Your task is to transcribe the entries exactly.

━━━━━━━━

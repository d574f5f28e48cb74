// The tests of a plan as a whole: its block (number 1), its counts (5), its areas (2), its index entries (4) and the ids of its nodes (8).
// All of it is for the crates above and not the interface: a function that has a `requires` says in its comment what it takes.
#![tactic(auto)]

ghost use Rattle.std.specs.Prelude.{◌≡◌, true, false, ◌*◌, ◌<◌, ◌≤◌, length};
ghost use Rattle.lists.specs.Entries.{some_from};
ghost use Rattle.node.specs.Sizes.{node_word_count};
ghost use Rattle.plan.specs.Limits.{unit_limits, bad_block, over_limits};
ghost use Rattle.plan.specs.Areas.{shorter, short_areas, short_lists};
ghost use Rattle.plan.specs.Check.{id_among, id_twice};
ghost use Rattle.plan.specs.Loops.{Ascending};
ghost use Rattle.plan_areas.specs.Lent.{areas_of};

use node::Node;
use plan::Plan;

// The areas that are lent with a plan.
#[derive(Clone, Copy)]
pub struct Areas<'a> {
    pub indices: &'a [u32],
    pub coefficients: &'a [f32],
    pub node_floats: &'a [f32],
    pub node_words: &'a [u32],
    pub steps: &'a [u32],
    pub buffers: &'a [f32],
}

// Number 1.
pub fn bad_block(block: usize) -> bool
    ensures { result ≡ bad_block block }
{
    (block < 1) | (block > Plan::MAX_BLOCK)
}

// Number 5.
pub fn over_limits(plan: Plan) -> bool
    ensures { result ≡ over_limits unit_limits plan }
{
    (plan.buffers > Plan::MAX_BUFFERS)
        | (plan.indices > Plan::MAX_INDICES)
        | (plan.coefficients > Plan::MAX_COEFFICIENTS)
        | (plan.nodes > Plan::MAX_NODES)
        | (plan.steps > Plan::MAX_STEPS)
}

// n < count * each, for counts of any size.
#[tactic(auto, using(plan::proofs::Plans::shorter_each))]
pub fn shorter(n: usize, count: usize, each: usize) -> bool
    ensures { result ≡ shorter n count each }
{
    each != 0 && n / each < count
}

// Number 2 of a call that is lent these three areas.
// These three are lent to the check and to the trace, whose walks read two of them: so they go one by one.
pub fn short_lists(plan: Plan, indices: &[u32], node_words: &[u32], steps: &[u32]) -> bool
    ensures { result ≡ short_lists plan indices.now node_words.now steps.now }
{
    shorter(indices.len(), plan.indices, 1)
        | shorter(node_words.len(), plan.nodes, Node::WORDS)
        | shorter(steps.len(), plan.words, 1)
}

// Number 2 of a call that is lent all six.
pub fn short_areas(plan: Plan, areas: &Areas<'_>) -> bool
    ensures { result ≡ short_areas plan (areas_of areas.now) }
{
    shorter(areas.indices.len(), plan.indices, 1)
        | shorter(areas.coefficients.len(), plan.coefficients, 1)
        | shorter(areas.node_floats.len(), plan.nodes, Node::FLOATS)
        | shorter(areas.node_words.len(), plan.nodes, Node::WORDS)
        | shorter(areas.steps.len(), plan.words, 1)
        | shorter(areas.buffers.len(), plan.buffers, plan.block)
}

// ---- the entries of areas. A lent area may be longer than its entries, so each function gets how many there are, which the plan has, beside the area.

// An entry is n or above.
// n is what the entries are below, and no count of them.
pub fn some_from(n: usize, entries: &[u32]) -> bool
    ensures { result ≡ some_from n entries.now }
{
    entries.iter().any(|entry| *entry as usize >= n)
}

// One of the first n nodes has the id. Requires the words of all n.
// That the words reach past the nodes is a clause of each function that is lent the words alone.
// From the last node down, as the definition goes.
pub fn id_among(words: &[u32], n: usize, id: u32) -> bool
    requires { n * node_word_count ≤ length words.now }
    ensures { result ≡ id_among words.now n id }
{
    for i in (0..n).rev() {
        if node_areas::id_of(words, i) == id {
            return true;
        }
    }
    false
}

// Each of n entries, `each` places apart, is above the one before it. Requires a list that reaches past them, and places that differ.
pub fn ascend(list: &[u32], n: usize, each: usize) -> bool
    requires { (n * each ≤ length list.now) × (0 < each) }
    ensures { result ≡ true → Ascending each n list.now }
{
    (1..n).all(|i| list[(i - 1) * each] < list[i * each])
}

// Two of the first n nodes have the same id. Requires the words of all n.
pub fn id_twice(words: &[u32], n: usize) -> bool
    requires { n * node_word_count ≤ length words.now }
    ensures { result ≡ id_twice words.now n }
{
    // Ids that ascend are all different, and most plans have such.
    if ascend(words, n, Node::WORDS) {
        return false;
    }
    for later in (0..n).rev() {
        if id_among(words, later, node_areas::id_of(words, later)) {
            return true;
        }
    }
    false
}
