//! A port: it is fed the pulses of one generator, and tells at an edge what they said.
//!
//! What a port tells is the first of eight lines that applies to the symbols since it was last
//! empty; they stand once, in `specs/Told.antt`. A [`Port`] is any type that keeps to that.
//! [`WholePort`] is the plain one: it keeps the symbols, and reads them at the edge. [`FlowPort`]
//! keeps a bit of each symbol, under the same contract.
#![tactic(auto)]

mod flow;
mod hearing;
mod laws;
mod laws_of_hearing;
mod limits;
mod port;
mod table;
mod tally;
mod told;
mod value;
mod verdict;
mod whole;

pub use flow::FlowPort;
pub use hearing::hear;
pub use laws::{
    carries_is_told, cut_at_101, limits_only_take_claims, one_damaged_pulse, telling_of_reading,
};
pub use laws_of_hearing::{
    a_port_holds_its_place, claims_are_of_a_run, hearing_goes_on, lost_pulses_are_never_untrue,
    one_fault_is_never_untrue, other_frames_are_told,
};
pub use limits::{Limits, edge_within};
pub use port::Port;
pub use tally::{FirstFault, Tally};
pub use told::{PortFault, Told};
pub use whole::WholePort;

━━━━━━━━

— Exercise result —
repository d574f5f28e48cb74
// The tests of a plan as a whole: its block (number 1), its counts (5), its areas (2), its index entries (4) and the ids of its nodes (8).
// All of it is for the crates above and not the interface: a function that has a `requires` says in its comment what it takes.
#![tactic(auto)]

ghost use Rattle.std.specs.Prelude.{◌≡◌, true, false, ◌*◌, ◌<◌, ◌≤◌, length};
ghost use Rattle.lists.specs.Entries.{some_from};
ghost use Rattle.node.specs.Sizes.{node_word_count};
ghost use Rattle.plan.specs.Limits.{unit_limits, bad_block, over_limits};
ghost use Rattle.plan.specs.Areas.{shorter, short_areas, short_lists};
ghost use Rattle.plan.specs.Check.{id_among, id_twice};
ghost use Rattle.plan.specs.Loops.{Ascending};
ghost use Rattle.plan_areas.specs.Lent.{areas_of};

use node::Node;
use plan::Plan;

// The areas that are lent with a plan.
#[derive(Clone, Copy)]
pub struct Areas<'a> {
    pub indices: &'a [u32],
    pub coefficients: &'a [f32],
    pub node_floats: &'a [f32],
    pub node_words: &'a [u32],
    pub steps: &'a [u32],
    pub buffers: &'a [f32],
}

// Number 1.
pub fn bad_block(block: usize) -> bool
    ensures { result ≡ bad_block block }
{
    (block < 1) | (block > Plan::MAX_BLOCK)
}

// Number 5.
pub fn over_limits(plan: Plan) -> bool
    ensures { result ≡ over_limits unit_limits plan }
{
    (plan.buffers > Plan::MAX_BUFFERS)
        | (plan.indices > Plan::MAX_INDICES)
        | (plan.coefficients > Plan::MAX_COEFFICIENTS)
        | (plan.nodes > Plan::MAX_NODES)
        | (plan.steps > Plan::MAX_STEPS)
}

// n < count * each, for counts of any size.
#[tactic(auto, using(plan::proofs::Plans::shorter_each))]
pub fn shorter(n: usize, count: usize, each: usize) -> bool
    ensures { result ≡ shorter n count each }
{
    each != 0 && n / each < count
}

// Number 2 of a call that is lent these three areas.
// These three are lent to the check and to the trace, whose walks read two of them: so they go one by one.
pub fn short_lists(plan: Plan, indices: &[u32], node_words: &[u32], steps: &[u32]) -> bool
    ensures { result ≡ short_lists plan indices.now node_words.now steps.now }
{
    shorter(indices.len(), plan.indices, 1)
        | shorter(node_words.len(), plan.nodes, Node::WORDS)
        | shorter(steps.len(), plan.words, 1)
}

// Number 2 of a call that is lent all six.
pub fn short_areas(plan: Plan, areas: &Areas<'_>) -> bool
    ensures { result ≡ short_areas plan (areas_of areas.now) }
{
    shorter(areas.indices.len(), plan.indices, 1)
        | shorter(areas.coefficients.len(), plan.coefficients, 1)
        | shorter(areas.node_floats.len(), plan.nodes, Node::FLOATS)
        | shorter(areas.node_words.len(), plan.nodes, Node::WORDS)
        | shorter(areas.steps.len(), plan.words, 1)
        | shorter(areas.buffers.len(), plan.buffers, plan.block)
}

// ---- the entries of areas. A lent area may be longer than its entries, so each function gets how many there are, which the plan has, beside the area.

// An entry is n or above.
// n is what the entries are below, and no count of them.
pub fn some_from(n: usize, entries: &[u32]) -> bool
    ensures { result ≡ some_from n entries.now }
{
    entries.iter().any(|entry| *entry as usize >= n)
}

// One of the first n nodes has the id. Requires the words of all n.
// That the words reach past the nodes is a clause of each function that is lent the words alone.
// From the last node down, as the definition goes.
pub fn id_among(words: &[u32], n: usize, id: u32) -> bool
    requires { n * node_word_count ≤ length words.now }
    ensures { result ≡ id_among words.now n id }
{
    for i in (0..n).rev() {
        if node_areas::id_of(words, i) == id {
            return true;
        }
    }
    false
}

// Each of n entries, `each` places apart, is above the one before it. Requires a list that reaches past them, and places that differ.
pub fn ascend(list: &[u32], n: usize, each: usize) -> bool
    requires { (n * each ≤ length list.now) × (0 < each) }
    ensures { result ≡ true → Ascending each n list.now }
{
    (1..n).all(|i| list[(i - 1) * each] < list[i * each])
}

// Two of the first n nodes have the same id. Requires the words of all n.
pub fn id_twice(words: &[u32], n: usize) -> bool
    requires { n * node_word_count ≤ length words.now }
    ensures { result ≡ id_twice words.now n }
{
    // Ids that ascend are all different, and most plans have such.
    if ascend(words, n, Node::WORDS) {
        return false;
    }
    for later in (0..n).rev() {
        if id_among(words, later, node_areas::id_of(words, later)) {
            return true;
        }
    }
    false
}
//! A port: it is fed the pulses of one generator, and tells at an edge what they said.
//!
//! What a port tells is the first of eight lines that applies to the symbols since it was last
//! empty; they stand once, in `specs/Told.antt`. A [`Port`] is any type that keeps to that.
//! [`WholePort`] is the plain one: it keeps the symbols, and reads them at the edge. [`FlowPort`]
//! keeps a bit of each symbol, under the same contract.
#![tactic(auto)]

mod flow;
mod hearing;
mod laws;
mod laws_of_hearing;
mod limits;
mod port;
mod table;
mod tally;
mod told;
mod value;
mod verdict;
mod whole;

pub use flow::FlowPort;
pub use hearing::hear;
pub use laws::{
    carries_is_told, cut_at_101, limits_only_take_claims, one_damaged_pulse, telling_of_reading,
};
pub use laws_of_hearing::{
    a_port_holds_its_place, claims_are_of_a_run, hearing_goes_on, lost_pulses_are_never_untrue,
    one_fault_is_never_untrue, other_frames_are_told,
};
pub use limits::{Limits, edge_within};
pub use port::Port;
pub use tally::{FirstFault, Tally};
pub use told::{PortFault, Told};
pub use whole::WholePort;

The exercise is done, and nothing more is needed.